The Boomer Blockade: How One Generation Reshaped Work and Left Everyone Behind - joker3
https://think-boundless.com/the-boomer-blockade/
======
mc32
This will be true of economies that go through quick growth. It’s already hit
Japan and led to the “lost decades”, it will hit China in 20 years or so...

But the issue is more complex. Today there is global competition and your jobs
(never mind promotions) get shipped off.

So they don’t even have a chance at a working stiff’s job at all. That’s where
desperation comes from.

------
topkai22
Great article. I'm very suspicious of attempts to "blame it on the boomers",
but this has some very good analysis that should be built upon.

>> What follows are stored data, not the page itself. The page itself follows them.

//! Which type arguments of a symbol its translation keeps.

ghost use Rattle.std.specs.Prelude.{◌≡◌, map, count_by, replicate, true, IfOk};
ghost use Rattle.enc_marks.specs.Choices.{kept_types};

use enc_base::{List, NoMemory};
use enc_marks::TypeArguments;
use std::alloc::Global;
use tf_core::Symbol;
use tf_naked::kept_of_symbol;

/// Of each symbol, which of its type arguments are kept. It takes time in proportion to the
/// symbols' arguments and parameters.
pub(crate) fn kept_of_symbols(
    alloc: Global,
    keeps: TypeArguments,
    symbols: &[Symbol],
) -> Result<List<List<bool>>, NoMemory>
    ensures { IfOk result (λ kept. kept ≡ map (kept_types keeps) symbols.now) }
{
    let mut kept = List::new(alloc);
    for symbol in symbols {
        kept.push(kept_of(alloc, keeps, symbol)?)?;
    }
    Ok(kept)
}

/// Which type arguments of a symbol are kept.
pub(crate) fn kept_of(
    alloc: Global,
    keeps: TypeArguments,
    symbol: &Symbol,
) -> Result<List<bool>, NoMemory>
    ensures { IfOk result (λ kept. kept ≡ kept_types keeps symbol.now) }
{
    match keeps {
        TypeArguments::All => all_kept(alloc, symbol.parameters),
        TypeArguments::Uncovered => kept_of_symbol(alloc, symbol),
        TypeArguments::Nothing => Ok(List::new(alloc)),
    }
}

// so many type arguments, all of them kept
fn all_kept(alloc: Global, count: u32) -> Result<List<bool>, NoMemory>
    ensures { IfOk result (λ kept. kept ≡ replicate count true) }
{
    match vec![in alloc; true; count as usize] {
        Ok(kept) => Ok(List::from_vec(kept)),
        Err(_) => Err(NoMemory),
    }
}

/// How many type arguments are kept.
pub(crate) fn count_kept(kept: &[bool]) -> usize
    ensures { result ≡ count_by (λ kept. kept) kept.now }
{
    let mut count = 0;
    for is_kept in kept {
        if *is_kept {
            count += 1;
        }
    }
    count
}
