//! Constructors over sorts, as tables.

ghost use Rattle.std.specs.Prelude.{◌≡◌, ◌<◌, ◌≤◌, ◌^◌, [], length, map, replicate, get_or, set, sum_by, IfOk, OnOk};
ghost use Rattle.std.specs.List.{AllByRecursion};
ghost use Rattle.enc_base.specs.Counts.{most_entries};
ghost use Rattle.enc_base.specs.Tables.{tuple_count};
ghost use Rattle.enc_base.specs.Tuples.{IsPlaced};
ghost use Rattle.tf_core.specs.Typing.{IsType};
ghost use Rattle.tf_types.specs.Numbers.{IsOneToOne};
ghost use Rattle.enc_models.specs.Calls.SortNumbers.{number_in, AreAmong, AreArgumentsAmong, AreEntered, AreNumbered};

use crate::sort_numbers::SortNumbers;
use enc_base::{List, NoMemory};
use std::alloc::Global;
use structure_tables::count_tuples;
use tf_core::{Constructor, Signature, Ty};

/// The table of each constructor over sorts: for sorts it has the number of the sort that the
/// constructor forms of them, or 0 where that is no sort. It takes time in proportion to the tables
/// and to the sorts.
pub(crate) fn tables_over_sorts(
    alloc: Global,
    signature: &Signature,
    sorts: &[Ty],
    numbers: &mut SortNumbers,
) -> Result<List<List<u32>>, NoMemory>
    requires few { length sorts.now < 2 ^ 32 }
    requires some { 0 < length sorts.now }
    requires within { sum_by (λ constructor. tuple_count
        (replicate constructor.arity (length sorts.now))) signature.now.constructors
        ≤ most_entries }
    requires typed { AllByRecursion (IsType signature.now 0) sorts.now }
    requires once { IsOneToOne sorts.now }
    requires arguments { AreArgumentsAmong sorts.now }
    requires numbered { AreNumbered numbers.old (length sorts.now) sorts.now }
    ensures { IfOk result (AreEntered signature.now sorts.now (length sorts.now)) }
{
    let mut tables = zero_tables(alloc, signature.constructors.as_slice(), sorts.len())?;
    for (number, sort) in sorts.iter().enumerate() {
        match sort {
            Ty::Var(_) => {}
            Ty::Apply(c, types) => {
                let at = place_of_sorts(types.as_slice(), sorts, numbers)?;
                enter(&mut tables, *c as usize, at, number as u32);
            }
        }
    }
    Ok(tables)
}

// a table of zeros for each constructor, with an entry for each tuple of so many numbers
fn zero_tables(
    alloc: Global,
    constructors: &[Constructor],
    count: usize,
) -> Result<List<List<u32>>, NoMemory>
    requires within { sum_by (λ constructor. tuple_count (replicate constructor.arity count))
        constructors.now ≤ most_entries }
    ensures { IfOk result (λ tables. tables ≡ map (λ constructor. replicate
        (tuple_count (replicate constructor.arity count)) 0) constructors.now) }
{
    let mut tables = List::new(alloc);
    for constructor in constructors {
        let entries = count_tuples(count as u64, constructor.arity);
        tables.push(zeros(alloc, entries as usize)?)?;
    }
    Ok(tables)
}

// so many zeros
fn zeros(alloc: Global, count: usize) -> Result<List<u32>, NoMemory>
    ensures { IfOk result (λ numbers. numbers ≡ replicate count 0) }
{
    match vec![in alloc; 0u32; count] {
        Ok(numbers) => Ok(List::from_vec(numbers)),
        Err(_) => Err(NoMemory),
    }
}

// the place of the tuple of the numbers of sorts
fn place_of_sorts(types: &[Ty], sorts: &[Ty], numbers: &mut SortNumbers) -> Result<usize, NoMemory>
    requires few { tuple_count (replicate (length types.now) (length sorts.now)) < 2 ^ 64 }
    requires among { AreAmong sorts.now types.now }
    requires numbered { AreNumbered numbers.old (length sorts.now) sorts.now }
    ensures exact { IfOk result (IsPlaced (replicate (length types.now) (length sorts.now))
        (map (number_in sorts.now) types.now)) }
    ensures kept { OnOk result (AreNumbered numbers.new (length sorts.now) sorts.now) }
{
    let mut at = 0usize;
    for ty in types {
        let number = numbers.number(ty)?;
        at = at * sorts.len() + number as usize;
    }
    Ok(at)
}

// enters a number at a place of a table
fn enter(tables: &mut List<List<u32>>, c: usize, at: usize, number: u32)
    requires table { c < length tables.old }
    requires place { at < length (get_or tables.old c []) }
    ensures { tables.new ≡ set tables.old c (set (get_or tables.old c []) at number) }
{
    let table = tables.as_mut_slice()[c].as_mut_slice();
    table[at] = number;
}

There are some confounding factors - the baby boom's sheer relative to the
preceding and succeeding generations means that at least some of the noted
effects would occur even if the "age you got promoted" probability
distribution remained the same.

The specific complaints about the consulting and legal industries expansion of
the career path have the issue that the size of those firms have grown
massively over the time period indicated- McKinsey had 88 staff in 1951, 7700
in the early 2000s and 27000+ by 2018. That’s simply not the same
company/industry and not really due to demographic trends.

Overall though, it makes raises some good points (particularly the implication
that there is/was positive ageism toward boomers in the selection of executive
roles) that are worth reflecting on.

BTW- it’s really Gen X (and the younger boomers) that got hosed here. The
boomers really are retiring now and millennials will have plenty of career
ahead after that.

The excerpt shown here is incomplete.